FlowPay - Bharat Singh

Problem Statement

Payment processing is deceptively hard because failures are not logical — they are distributed systems failures.

A naive approach — a single synchronous HTTP call to a payment gateway — breaks in production in predictable ways:

The network times out after the user has already been charged
The gateway responds but the acknowledgment is lost
A retry results in a duplicate charge

These failures create inconsistent system state, which is unacceptable in financial systems.

FlowPay solves this by treating payments not as request-response operations, but as idempotent, stateful workflows driven by events, where every transition is explicitly recorded and recoverable.

Architecture

FlowPay is composed of four services communicating via Kafka topics:

API Service — accepts inbound payment requests, validates them, assigns an idempotency key, persists the payment intent, and publishes a payment.initiated event.
Processor Service — consumes payment.initiated, executes the payment via the external gateway, enforces state transitions, and publishes either payment.succeeded or payment.failed.
Ledger Service — consumes all payment events and maintains a double-entry ledger in PostgreSQL, acting as the financial source of truth.
Notifier Service — consumes terminal events (succeeded, failed) and dispatches webhooks or notifications to the merchant.

Each service owns its own PostgreSQL schema and communicates exclusively through Kafka. There are no direct service-to-service calls; all coordination happens through events.

This design enforces loose coupling, independent scalability, and failure isolation.

Design Decisions

Why Kafka over RabbitMQ?
Kafka provides a durable, append-only event log with consumer-controlled offsets. This enables event replay, which is critical in financial systems.
For example, when a bug in the Ledger Service caused incorrect balance calculations, I was able to fix the logic and replay historical events to rebuild the ledger accurately — something not possible with traditional queue systems like RabbitMQ where messages are removed after acknowledgment.

Why idempotency keys at the API layer?
Instead of deduplicating downstream, FlowPay prevents duplicates from entering the system.

The client provides an idempotency key, which is stored with the payment intent before emitting any event. On retries, the API returns the cached response without reprocessing.

This shifts complexity from distributed deduplication to a single controlled entry point, significantly reducing system-wide inconsistency risks.

Why a state machine?
Payments follow a strict lifecycle:

initiated → processing → succeeded | failed → refunded

This lifecycle is enforced as a state machine in the Processor Service, ensuring invalid transitions (e.g., refunding a failed payment) are impossible.

This makes correctness a design-time guarantee, not a runtime assumption.

Why a separate Ledger Service?
Instead of storing balances directly, FlowPay uses a double-entry ledger model.

Every event results in balanced debit/credit entries, ensuring:

Financial correctness
Auditability
No possibility of “lost money”

The ledger becomes the single source of truth, independent of other services.

Why event-driven communication only?
There are no direct gRPC/HTTP calls between services.

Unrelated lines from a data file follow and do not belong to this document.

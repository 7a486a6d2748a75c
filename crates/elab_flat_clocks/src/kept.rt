// The expressions of connections that don't pass a name on to an input of one bit (IEEE 1364-2005, section 12.3).

ghost use Rattle.std.specs.Prelude.{◌≡◌, ◌++◌, IfOk, IfErr, OnOk, map, length};
ghost use Rattle.std.specs.List.{flat_map};
ghost use Rattle.vlog_tree_runs.specs.Contents.{signals_in};
ghost use Rattle.vlog_tree_runs.specs.Scopes.{decl_at};
ghost use Rattle.elab_flat_faults.specs.FlatStands.{Refuses};
ghost use Rattle.elab_flat_scopes.specs.Borrowed.{given_meant, inner_meant};
ghost use Rattle.elab_flat_instances.specs.Unfolding.{scope_meant};
ghost use Rattle.elab_flat_names.specs.Rows.{StandsAlone};
ghost use Rattle.elab_flat_names.specs.Exprs.{expr_meant};
ghost use Rattle.elab_flat_clocks.specs.Passing.{is_name, is_bit_decl, passes_on, kept_given, kept_to, kept_into, StandsAmong};

use elab_flat_faults::FlatFault;
use elab_flat_instances::Scope;
use elab_flat_names::declared_signal;
use elab_flat_scopes::{Given, Inner, Signals, given_to, port_names};
use std::alloc::Global;
use vlog_tree::Expr;

fn is_name(expr: &Expr) -> bool
    ensures { result ≡ is_name expr.now }
{
    match expr {
        Expr::Name(_) => true,
        _ => false,
    }
}

// Whether a name is that of an input of one bit. A refusal's fault stands at the scope.
fn is_bit_input(
    alloc: Global,
    scope: &Scope<'_>,
    signals: &Signals<'_>,
    name: &[u8],
) -> Result<bool, FlatFault>
    requires { signals.now ≡ signals_in scope.now.text.now }
    ensures ok { IfOk result (λ b. b ≡ is_bit_decl scope.now.params (decl_at signals.now name.now)) }
    ensures err { IfErr result (Refuses (StandsAlone (scope_meant scope.now))) }
{
    let decl = match signals.at(name) {
        Some(decl) => decl,
        None => return Ok(false),
    };
    if !decl.input {
        return Ok(false);
    }
    match declared_signal(alloc, scope, decl) {
        Ok(signal) => Ok(signal.width == 1),
        Err(fault) => Err(fault),
    }
}

// Whether a connection passes a name on to an input of one bit of a scope. A refusal's fault stands at the scope.
fn passes_on(
    alloc: Global,
    gift: &Given<'_>,
    scope: &Scope<'_>,
    signals: &Signals<'_>,
) -> Result<bool, FlatFault>
    requires { signals.now ≡ signals_in scope.now.text.now }
    ensures ok { IfOk result (λ b. b ≡ passes_on (scope_meant scope.now) (given_meant gift.now)) }
    ensures err { IfErr result (Refuses (StandsAlone (scope_meant scope.now))) }
{
    if !is_name(gift.value) {
        return Ok(false);
    }
    is_bit_input(alloc, scope, signals, gift.name.bytes())
}

fn add_given<'a>(
    all: &mut Vec<&'a Expr>,
    alloc: Global,
    given: &[Given<'a>],
    scope: &Scope<'_>,
    signals: &Signals<'_>,
) -> Result<(), FlatFault>
    requires { signals.now ≡ signals_in scope.now.text.now }
    ensures ok { OnOk result (map expr_meant all.new.items ≡ map expr_meant all.old.items ++ flat_map
        (kept_given (scope_meant scope.now)) (map given_meant given.now)) }
    ensures err { IfErr result (Refuses (StandsAlone (scope_meant scope.now))) }
{
    for gift in given {
        match passes_on(alloc, gift, scope, signals) {
            Ok(true) => {}
            Ok(false) => all.push(gift.value)?,
            Err(fault) => return Err(fault),
        }
    }
    Ok(())
}

// Adds the expressions of an instance's connections that pass nothing on. A refusal's fault stands at the instance.
fn add_kept<'a>(
    all: &mut Vec<&'a Expr>,
    alloc: Global,
    inner: &Inner<'a>,
    scope: &Scope<'a>,
) -> Result<(), FlatFault>
    ensures ok { OnOk result (map expr_meant all.new.items ≡ map expr_meant all.old.items ++ kept_to
        (inner_meant inner.now) (scope_meant scope.now)) }
    ensures err { IfErr result (Refuses (StandsAlone (scope_meant scope.now))) }
{
    let ports = port_names(alloc, scope.text)?;
    let given = given_to(alloc, &ports, inner.args)?;
    let signals = Signals::of(alloc, scope.text)?;
    add_given(all, alloc, &given, scope, &signals)
}

/// The expressions of the connections of some instances with their scopes that pass nothing on. A refusal's fault
/// stands at one of these.
pub fn kept_into<'a>(
    alloc: Global,
    instances: &[Inner<'a>],
    scopes: &[Scope<'a>],
) -> Result<Vec<&'a Expr>, FlatFault>
    requires { length scopes.now ≡ length instances.now }
    ensures ok { IfOk result (λ r. map expr_meant r.items ≡ kept_into (map inner_meant instances.now)
        (map scope_meant scopes.now)) }
    ensures err { IfErr result (Refuses (StandsAmong (map scope_meant scopes.now))) }
{
    let mut all = Vec::new(alloc);
    let mut at = 0;
    for inner in instances {
        match add_kept(&mut all, alloc, inner, &scopes[at]) {
            Ok(()) => {}
            Err(fault) => return Err(fault),
        }
        at += 1;
    }
    Ok(all)
}
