// The clock of all blocks with edges, and their asynchronous resets.

ghost use Rattle.std.specs.Prelude.{◌≡◌, ◌↔◌, Bool, Some, IfOk, IfErr, OnOk, length, map};
ghost use Rattle.std.specs.Option.{option_copied};
ghost use Rattle.vlog_tree_runs.specs.Places.{Name, Among};
ghost use Rattle.elab_flat_faults.specs.declared.flattening.FlatFault.TheVariants as f;
ghost use Rattle.elab_flat_faults.specs.FlatStands.{Stands, Refuses, IsClockOf};
ghost use Rattle.elab_flat_instances.specs.Unfolding.{scope_meant, AreUnfolded};
ghost use Rattle.elab_flat_faults.specs.Handed.{IsResetOf};
ghost use Rattle.elab_flat_clocks.specs.Driving.{timed_meant};
ghost use Rattle.elab_flat_clocks.specs.Passing.{exprs_meant};
ghost use Rattle.elab_flat_clocks.specs.Unread.{IsUnread, IsReadBy};
ghost use Rattle.elab_flat_clocks.specs.Clocking.{async_at, IsClockAmong, HasTwoClocks};

use crate::Timing;
use crate::asyncs::asyncs_of;
use crate::reads::check_reads;
use crate::timings::timings_of;
use crate::ways::{Ways, ways_of};
use elab_flat_faults::FlatFault;
use elab_flat_instances::Scope;
use elab_flat_scopes::Modules;
use outside::Text;
use sqlite_items::Items;
use std::alloc::{AllocError, Global};
use vlog_tree_runs::Async;

/// The inputs of the top that all blocks with edges wait for.
#[derive(Drop)]
pub struct Clocks {
    /// None: no block waits for an edge.
    pub clock: Option<Text>,
    /// The asynchronous resets, each once.
    pub asyncs: Items<Async>,
}

// The only clock that blocks wait for; none where there are no such blocks. A refusal has one of two clocks.
fn one_clock<'a>(alloc: Global, timings: &[Timing<'a>]) -> Result<Option<&'a Text>, FlatFault>
    ensures ok { IfOk result (λ r. IsClockAmong (map timed_meant timings.now) (option_copied r)) }
    ensures err { IfErr result (Refuses (HasTwoClocks (map timed_meant timings.now))) }
{
    let clock = match timings.first() {
        Some(timing) => timing.clock,
        None => return Ok(None),
    };
    for timing in timings {
        if timing.clock.bytes() != clock.bytes() {
            return Err(FlatFault::Clock(Text::copy(alloc, timing.clock.bytes())?));
        }
    }
    Ok(Some(clock))
}

fn copied(alloc: Global, name: Option<&Text>) -> Result<Option<Text>, AllocError>
    ensures { IfOk result (λ r. r ≡ option_copied name.entry) }
{
    match name {
        Some(name) => Ok(Some(Text::copy(alloc, name.bytes())?)),
        None => Ok(None),
    }
}

// No scope reads the clock, where there is one. A refusal has the name by which one does.
fn check_clock(
    alloc: Global,
    scopes: &[Scope<'_>],
    ways: &Ways<'_>,
    clock: Option<&Text>,
) -> Result<(), FlatFault>
    requires tables { length ways.now.tables.items ≡ length scopes.now }
    requires kept { length ways.now.kept.items ≡ length scopes.now }
    ensures ok { OnOk result (IsUnread (map scope_meant scopes.now) ways.now.tables.items
        (map exprs_meant ways.now.kept.items) (option_copied clock.entry)) }
    ensures err { IfErr result (Refuses (IsReadBy (map scope_meant scopes.now) ways.now.tables.items
        (map exprs_meant ways.now.kept.items) (option_copied clock.entry))) }
{
    match clock {
        Some(clock) => check_reads(alloc, scopes, &ways.tables, &ways.kept, clock),
        None => Ok(()),
    }
}

/// The clock and the asynchronous resets of the instances of a list of modules, which stand in the order of their paths
/// (IEEE 1364-2005, sections 9.7.4 and 9.9; IEEE 1364.1-2002, section 5.2.2). A block with one edge waits for the
/// rising edge of the clock. One with two waits for that and for an edge of a reset, and its body is one `if` with an
/// `else` whose condition tests the reset: `r` and `r == 1'b1` go with its rising edge, `!r`, `~r` and `r == 1'b0` with
/// the falling one. Clock and resets are inputs of the top of one bit, reached through connections to inputs of one bit
/// whose expression is a name alone. `FlatFault::Clock` stands where a block waits otherwise, where two blocks have two
/// clocks, and where the clock is read. A refusal's fault stands; it is `Constant` or `Width` where an input's range
/// declares nothing. The time is linear in the texts of the scopes.
pub fn clocks_of(
    alloc: Global,
    modules: &Modules<'_>,
    scopes: &[Scope<'_>],
    top: &[u8],
) -> Result<Clocks, FlatFault>
    requires { AreUnfolded modules.now top.now (map scope_meant scopes.now) }
    ensures clock { IfOk result (λ r. (y : Name) → (r.clock ≡ Some y) ↔ IsClockOf modules.now top.now y) }
    ensures asyncs { IfOk result (λ r. (y : Name) (high : Bool) → Among r.asyncs (async_at high y) ↔
        IsResetOf modules.now top.now y high) }
    ensures none { OnOk result ((n : Name) → Stands modules.now top.now (f.Clock n) → ⊥) }
    ensures err { IfErr result (Refuses (Stands modules.now top.now)) }
{
    let ways = match ways_of(alloc, scopes) {
        Ok(ways) => ways,
        Err(fault) => return Err(fault),
    };
    let timings = match timings_of(alloc, scopes, &ways.tables) {
        Ok(timings) => timings,
        Err(fault) => return Err(fault),
    };
    let clock = match one_clock(alloc, &timings) {
        Ok(clock) => clock,
        Err(fault) => return Err(fault),
    };
    match check_clock(alloc, scopes, &ways, clock) {
        Ok(()) => {}
        Err(fault) => return Err(fault),
    }
    Ok(Clocks {
        clock: copied(alloc, clock)?,
        asyncs: asyncs_of(alloc, &timings)?,
    })
}
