// Obligations decided by workers.
ghost use Rattle.std.specs.Prelude.{◌≡◌, ◌+◌, ◌^◌, ◌<◌, length, IfOk};
ghost use Rattle.std.specs.List.{AllZip, range_with_len};
ghost use Rattle.job_pool.specs.Ample.{DecidesIfAmple};
ghost use Rattle.job_pool.specs.Shown.{IsShown};

use crate::crew::{Crew, Ran};
use crate::evidence::{Deciding, Evidence};
use outside::Gate;
use std::alloc::AllocError;
use std::thread::Threads;
use word_dag::Ob;

/// Decides each obligation once, by these workers, each drawing numbers of jobs from one shared word until its number
/// is past the last job. A job is to find `budget` conflicts at most, and with `3 ^ v` of them, v being the number of
/// variables of its clauses, it is decided. A worker enters the gate before each job that it drew. Refused where a
/// worker, or what is made of their ends, wants memory; each worker is joined first.
pub fn run_jobs<R: Threads + Sync, G: Gate + Sync>(
    crew: &Crew<'_, R>,
    obs: &[Ob],
    budget: u64,
    gate: &G,
) -> Result<Ran<Evidence>, AllocError>
    requires budget { 0 < budget }
    requires jobs { (0 < length obs.now) × (length obs.now < 2 ^ 32) }
    ensures ends { IfOk result (λ ran. AllZip (IsShown budget) obs.now ran.ends.items) }
    ensures ample { IfOk result (λ ran. AllZip (DecidesIfAmple budget) obs.now ran.ends.items) }
    ensures draws { IfOk result (λ ran. ran.draws.items ≡ range_with_len 0 (length obs.now + crew.now.workers)) }
{
    let deciding = Deciding {
        alloc: crew.alloc,
        budget,
        gate,
    };
    crew.run(obs, &deciding)
}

This avoids tight coupling, allows independent scaling, and ensures that failures in one service do not cascade across the system.

Trade-offs

The event-driven approach introduces eventual consistency.

The API responds with 202 Accepted immediately, while the final state is resolved asynchronously. The merchant may receive a webhook after a short delay depending on Kafka lag.

This trade-off favors reliability and fault tolerance over immediate consistency, which is acceptable for most online payment systems but not for real-time POS systems.

To mitigate this:

A polling endpoint is provided
Webhooks deliver asynchronous updates

Kafka also introduces operational overhead.

Running a distributed log system for a small workload is heavy, so:

A single-broker setup is used in development
A managed Kafka cluster is used in production

This trade-off is justified by the replay capability and system decoupling Kafka enables.

Failure Handling

Processor crashes mid-payment
Kafka offsets are committed only after the gateway response is processed and the result event is published.
If a crash occurs before that, the message is re-delivered.

To ensure safety, the gateway call uses an idempotency key derived from the internal payment ID, making retries safe.

Gateway timeout
The Processor retries the request with exponential backoff.
After a fixed number of retries, it emits a payment.failed event with reason gateway_timeout.

The Notifier then informs the merchant to take corrective action.

Kafka broker down
The API service persists payment intents in PostgreSQL before publishing events.

A background publisher (outbox pattern) asynchronously reads pending records and publishes them to Kafka with at-least-once delivery semantics.

Once Kafka recovers, the system automatically catches up without data loss.

Improvements

If I were to build the next version:

Introduce a Saga orchestrator to replace implicit choreography and manage complex multi-step workflows explicitly as the system scales.
Add distributed tracing and observability (OpenTelemetry, metrics, structured logging with correlation IDs) to improve debugging in an event-driven system.
Provide a gRPC streaming API for real-time payment status updates, eliminating the need for polling.
Explore partitioning strategies and ordering guarantees in Kafka to optimize throughput and consistency for high-volume workloads.